Polish government says no to liberalised market
New Poland Gambling Act to include a state monopoly for online casino and IP and payments blocking

The Polish government yesterday ruled out the introduction of a liberalised online gambling framework, instead passing measures to clamp down on unlicensed operators and introduce an online casino monopoly.
The draft bill of amendments to the country’s Gambling Act, which has now been sent to the European Commission for review, will see the introduction of IP and payments blocking and keeps in place the 12% turnover tax on sports betting.
The monopoly for online casino will be operated by Totalizator Sportowy (Polish State Lottery), which earlier this week saw its Lotto product become the title sponsor of Poland’s top-tier football league, Ekstraklasa.
The amendments come despite repeated calls from vice-Prime Minister Jaros??aw Gowin to change the turnover-based levy in favour of a 20% tax on revenues and adopt an online framework similar to that seen in Denmark.
There are currently seven-licensed bookmakers operating in Poland, including STS, Totolotek and Fortuna, with unlicensed operators estimated to account for approximately 90% of the market.
“Given the fact that the taxation rules haven’t changed, I don’t see big European operators applying for the online betting licences,” Michal Kopec, senior manager of business development at Better Collective, told EGR.

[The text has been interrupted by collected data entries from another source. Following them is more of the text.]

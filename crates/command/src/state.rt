// The numbers that the memory gives: 25, 26, 22, 21, 24 and 23, in the ledger's order.
ghost use Rattle.std.specs.Prelude.{◌&&◌, [], ◌∷◌, leb, length};
ghost use Rattle.ledger.specs.Lists.{first, ◌⇒◌};
ghost use Rattle.ledger.specs.Refusals as ledger;
ghost use Rattle.ledger.specs.Refusals.{idle_or_waiting, is_message, inamailbox, is_tock_value, have_timer, meets25};
ghost use Rattle.tables.specs.Layout.{OneOf, Fits};
ghost use Rattle.tables.specs.Shows.{Tells};
ghost use Rattle.refusals.specs.Numbers.{number_in};
ghost use Rattle.clock.specs.Held.{Holds};
ghost use Rattle.clock.specs.Does.{TellsTimers};
ghost use Rattle.ledger.specs.Config.{config_in};
ghost use Rattle.command.specs.Codes.{view_x, view_waits};
ghost use Rattle.command.specs.Configured.{Framed};
ghost use Rattle.command.specs.Table.{WaitsIn};
ghost use Rattle.command.specs.State.{TellsOf, StateSays};

use crate::codes::{FieldX, Fields, Waits};
use crate::firsts::before_first;
use refusals::Refusal;
use tables::shape::Shape;

// Whether a task is idle or waits for an event or a message.
#[tactic(auto, using(crate::specs::State::blocks_told))]
fn idle_or_waiting(tables: &[u8], shape: Shape, t: u8) -> bool
    requires { Fits shape (length tables.now) × OneOf shape.tasks t }
    ensures { Tells shape tables.now (λ c L. idle_or_waiting L t) result }
{
    let blocks = tables::blocks::load(tables, shape, t);
    blocks.idle || blocks.event || blocks.message
}

// 25
#[tactic(auto, unfolding(ledger::specs::Refusals::meets25))]
fn busy(waits: Waits, tables: &[u8], shape: Shape, a: u8, b: u8) -> bool
    requires { Fits shape (length tables.now) × WaitsIn shape (view_waits waits) a b }
    ensures { Tells shape tables.now (λ c L. meets25 L (view_waits waits) a) result }
{
    matches!(waits, Waits::TaskOnB) && idle_or_waiting(tables, shape, a)
}

// 22
#[tactic(auto, unfolding(ledger::specs::Refusals::is_message))]
fn lies(kind: FieldX, tables: &[u8], shape: Shape, x: u8) -> bool
    requires { Fits shape (length tables.now) }
    ensures { Tells shape tables.now (λ c L. is_message (view_x kind) && inamailbox L x) result }
{
    matches!(kind, FieldX::Message) && mailboxes::holds(tables, shape, x)
}

// 21
#[tactic(auto, unfolding(ledger::specs::Refusals::meets21, ledger::specs::Refusals::would_wait_on, ledger::specs::Ledger::semaphore_of, ledger::specs::Lists::at, ledger::specs::Refusals::is_waiting))]
fn meets21(waits: Waits, config: &[u8], tables: &[u8], shape: Shape, a: u8, b: u8) -> bool
    requires { Framed config.now shape × Fits shape (length tables.now) × WaitsIn shape (view_waits waits) a b }
    ensures { TellsOf (config_in config.now) shape tables.now (λ c L. ledger.meets21 c L (view_waits waits) a b) result }
{
    match waits {
        Waits::Nowhere => false,
        Waits::OnB | Waits::TaskOnB => tables::semaphores::is_waiting(tables, shape, b),
        Waits::OnNotEmpty => {
            let ring = configuration::block::ring_of(config, shape, a as usize);
            queues::reading::take_waits(tables, shape, ring, a)
        }
        Waits::OnNotFull => {
            let ring = configuration::block::ring_of(config, shape, a as usize);
            queues::reading::put_waits(tables, shape, ring, a)
        }
    }
}

// 24, or 23: task a has a timer on b, or no record is free.
#[tactic(auto, unfolding(ledger::specs::Lists::first))]
fn timer_refused(timers: &[u8], shape: Shape, a: u8, b: u8) -> Result<(), Refusal>
    requires { Holds shape (length timers.now) }
    ensures { TellsTimers shape timers.now (λ c L. first (have_timer L a b ⇒ 24 ∷ leb c.R (length L.timers) ⇒ 23 ∷ [])) (number_in result) }
{
    if clock::has(timers, shape, a, b) {
        return Err(Refusal::HasATimer);
    }
    if shape.timers <= clock::count(timers, shape) {
        return Err(Refusal::AllTimersActive);
    }
    Ok(())
}

#[tactic(auto, unfolding(ledger::specs::Refusals::is_tock_value, ledger::specs::Lists::first))]
fn no_timer(kind: FieldX, timers: &[u8], shape: Shape, a: u8, b: u8) -> Result<(), Refusal>
    requires { Holds shape (length timers.now) }
    ensures { TellsTimers shape timers.now
        (λ c L. first ((is_tock_value (view_x kind) && have_timer L a b) ⇒ 24 ∷ (is_tock_value (view_x kind) && leb c.R (length L.timers)) ⇒ 23 ∷ [])) (number_in result) }
{
    match kind {
        FieldX::TockValue => timer_refused(timers, shape, a, b),
        _ => Ok(()),
    }
}

// `a` and `b` are the meant task or queue and semaphore, `x` the low byte of X. The tables come as bytes with a shape beside them, for reading
// alone: a `Tables` would ask for more.
pub fn state(
    u: Fields,
    config: &[u8],
    tables: &[u8],
    timers: &[u8],
    shape: Shape,
    a: u8,
    b: u8,
    x: u8,
) -> Result<(), Refusal>
    requires { Framed config.now shape × Fits shape (length tables.now) × Holds shape (length timers.now) × WaitsIn shape (view_waits u.waits) a b }
    ensures { StateSays (config_in config.now) shape tables.now timers.now u a b x (number_in result) }
{
    if busy(u.waits, tables, shape, a, b) {
        return Err(Refusal::IdleOrWaiting);
    }
    if before_first(u.a, config, tables, shape, a) {
        return Err(Refusal::BeforeFirst);
    }
    if lies(u.x, tables, shape, x) {
        return Err(Refusal::MessageInMailbox);
    }
    if meets21(u.waits, config, tables, shape, a, b) {
        return Err(Refusal::SemaphoreWaiting);
    }
    no_timer(u.x, timers, shape, a, b)
}
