// Whether a frame is accepted, or what it is refused for; the lent memory is only read.
// Promises: the number is the ledger's refusal, for every ledger shown.
// Rests on the crates that read the memory: tables, mailboxes, clock and queues, on configuration for a queue's ring, and on refusals.
#![tactic(auto)]

pub mod codes;
pub mod fields;
pub mod firsts;
pub mod input;
pub mod state;

ghost use Rattle.std.specs.Prelude.{◌≡◌, ◌≤◌, length, IfOk};
ghost use Rattle.ledger.specs.Lists.{byte};
ghost use Rattle.clock.specs.Held.{Holds};
ghost use Rattle.ledger.specs.Config.{config_in};
ghost use Rattle.command.specs.Configured.{Framed};
ghost use Rattle.command.specs.Codes.{IsCode, number_by};
ghost use Rattle.command.specs.Refused.{Refuses};

use codes::Code;
use refusals::Refusal;
use tables::lent::Tables;

// All checks of a frame whose code has this number. A number and no `Code`, which would be handed over through memory: the compiler then
// makes one function of all codes, and a frame takes 100 to 200 instructions more.
fn checked(
    number: u8,
    frame: &[u8],
    config: &[u8],
    tables: &Tables<'_>,
    timers: &[u8],
    me: u8,
) -> Result<Code, Refusal>
    requires { (5 ≤ length frame.now) × (byte 0 frame.now ≡ number) × Framed config.now tables.now.shape
        × Holds tables.now.shape (length timers.now) × (me ≤ tables.now.shape.tasks) }
    ensures refuses { Refuses (config_in config.now) tables.now.shape frame.now me tables.now.bytes.now timers.now (number_by result) }
    ensures code { IfOk result (IsCode (byte 0 frame.now)) }
{
    // No `?`, here and below: it calls functions of std, whose code the theorems about runs (theorems/proofs/World) cannot name.
    let Ok(code) = Code::try_from(number) else {
        return Err(Refusal::Code);
    };
    let u = codes::row(code);
    if let Err(refusal) = input::input(u, frame, config, tables.shape, me) {
        return Err(refusal);
    }
    let a = fields::meant_task(u.a, me, frame[1]);
    let b = fields::meant_semaphore(u.b, tables.shape, me, a, frame[2]);
    if let Err(refusal) = state::state(
        u,
        config,
        tables.bytes,
        timers,
        tables.shape,
        a,
        b,
        frame[4],
    ) {
        return Err(refusal);
    }
    Ok(code)
}

// What a frame is refused for while task `me` runs, or its code where it is accepted.
// One call for each code, so that each is compiled with its own row of the table.
pub fn refusal(
    frame: &[u8],
    config: &[u8],
    tables: &Tables<'_>,
    timers: &[u8],
    me: u8,
) -> Result<Code, Refusal>
    requires { Framed config.now tables.now.shape × Holds tables.now.shape (length timers.now) × (me ≤ tables.now.shape.tasks) }
    ensures refuses { Refuses (config_in config.now) tables.now.shape frame.now me tables.now.bytes.now timers.now (number_by result) }
    ensures code { IfOk result (IsCode (byte 0 frame.now)) }
{
    if frame.len() < 5 {
        return Err(Refusal::Length);
    }
    match frame[0] {
        0x01 => checked(0x01, frame, config, tables, timers, me),
        0x02 => checked(0x02, frame, config, tables, timers, me),
        0x03 => checked(0x03, frame, config, tables, timers, me),
        0x04 => checked(0x04, frame, config, tables, timers, me),
        0x05 => checked(0x05, frame, config, tables, timers, me),
        0x06 => checked(0x06, frame, config, tables, timers, me),
        0x07 => checked(0x07, frame, config, tables, timers, me),
        0x08 => checked(0x08, frame, config, tables, timers, me),
        0x09 => checked(0x09, frame, config, tables, timers, me),
        0x0A => checked(0x0A, frame, config, tables, timers, me),
        0x0B => checked(0x0B, frame, config, tables, timers, me),
        0x0C => checked(0x0C, frame, config, tables, timers, me),
        0x0D => checked(0x0D, frame, config, tables, timers, me),
        0x0E => checked(0x0E, frame, config, tables, timers, me),
        0x0F => checked(0x0F, frame, config, tables, timers, me),
        0x10 => checked(0x10, frame, config, tables, timers, me),
        0x11 => checked(0x11, frame, config, tables, timers, me),
        0x12 => checked(0x12, frame, config, tables, timers, me),
        _ => Err(Refusal::Code),
    }
}
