//! Constants.

mod written;

use weedle_base::term::{Assign, Const, SemiColon};
use weedle_parts::common::Identifier;
use weedle_parts::literal::ConstValue;
use weedle_parts::types::ConstType;
use weedle_types::attribute::ExtendedAttributeList;

/// A constant, as `const long X = 5;`. No docstring may precede it.
#[derive(Debug, PartialEq, Eq, PartialOrd, Ord, Hash)]
pub struct ConstMember<'a> {
    /// The extended attributes in brackets, as `[Exposed=Window]`, where present.
    pub attributes: Option<ExtendedAttributeList<'a>>,
    /// The word `const`.
    pub const_: Const,
    /// Its type, as `long`.
    pub const_type: ConstType<'a>,
    /// Its name.
    pub identifier: Identifier<'a>,
    /// The `=`.
    pub assign: Assign,
    /// Its value, as `5`.
    pub const_value: ConstValue<'a>,
    /// The `;` at the end.
    pub semi_colon: SemiColon,
}

impl Drop for ConstMember<'_> {
    fn drop(self) {
        let ConstMember {
            attributes: _,
            const_: _,
            const_type: _,
            identifier: _,
            assign: _,
            const_value: _,
            semi_colon: _,
        } = self;
    }
}
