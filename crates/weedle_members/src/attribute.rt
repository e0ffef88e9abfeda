//! The attributes of interfaces.

mod written;

use weedle_base::term::{Attribute, ReadOnly, SemiColon};
use weedle_parts::common::Identifier;
use weedle_parts::modifier::StringifierOrInheritOrStatic;
use weedle_types::attribute::ExtendedAttributeList;
use weedle_types::types::AttributedType;

/// An attribute of an interface, as `static readonly attribute long x;`. No docstring may precede
/// it.
#[derive(Debug, PartialEq, Eq, PartialOrd, Ord, Hash)]
pub struct AttributeInterfaceMember<'a> {
    /// The extended attributes in brackets, as `[Exposed=Window]`, where present.
    pub attributes: Option<ExtendedAttributeList<'a>>,
    /// The word `stringifier`, `inherit` or `static`, where one of them is present.
    pub modifier: Option<StringifierOrInheritOrStatic>,
    /// The word `readonly`, where present.
    pub readonly: Option<ReadOnly>,
    /// The word `attribute`.
    pub attribute: Attribute,
    /// Its type, as `long`, with the extended attributes before it.
    pub type_: AttributedType<'a>,
    /// Its name.
    pub identifier: Identifier<'a>,
    /// The `;` at the end.
    pub semi_colon: SemiColon,
}

impl Drop for AttributeInterfaceMember<'_> {
    fn drop(self) {
        let AttributeInterfaceMember {
            attributes: _,
            modifier: _,
            readonly: _,
            attribute: _,
            type_: _,
            identifier: _,
            semi_colon: _,
        } = self;
    }
}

“They haven’t done so since 2009 and won’t do it now either,” Kopec added.
However, the introduction of more stringent measures to reduce the unlicensed market will be welcomed by the seven licensed operators. Speaking to EGR, Totolotek CEO Adam Lamentowicz described the amendments as “good news”.
Following a review by the European Commission, the bill is expected to come back to be voted on by the Polish parliament, currently controlled by the ruling Law and Justice Party, prior to January 2017 before becoming law.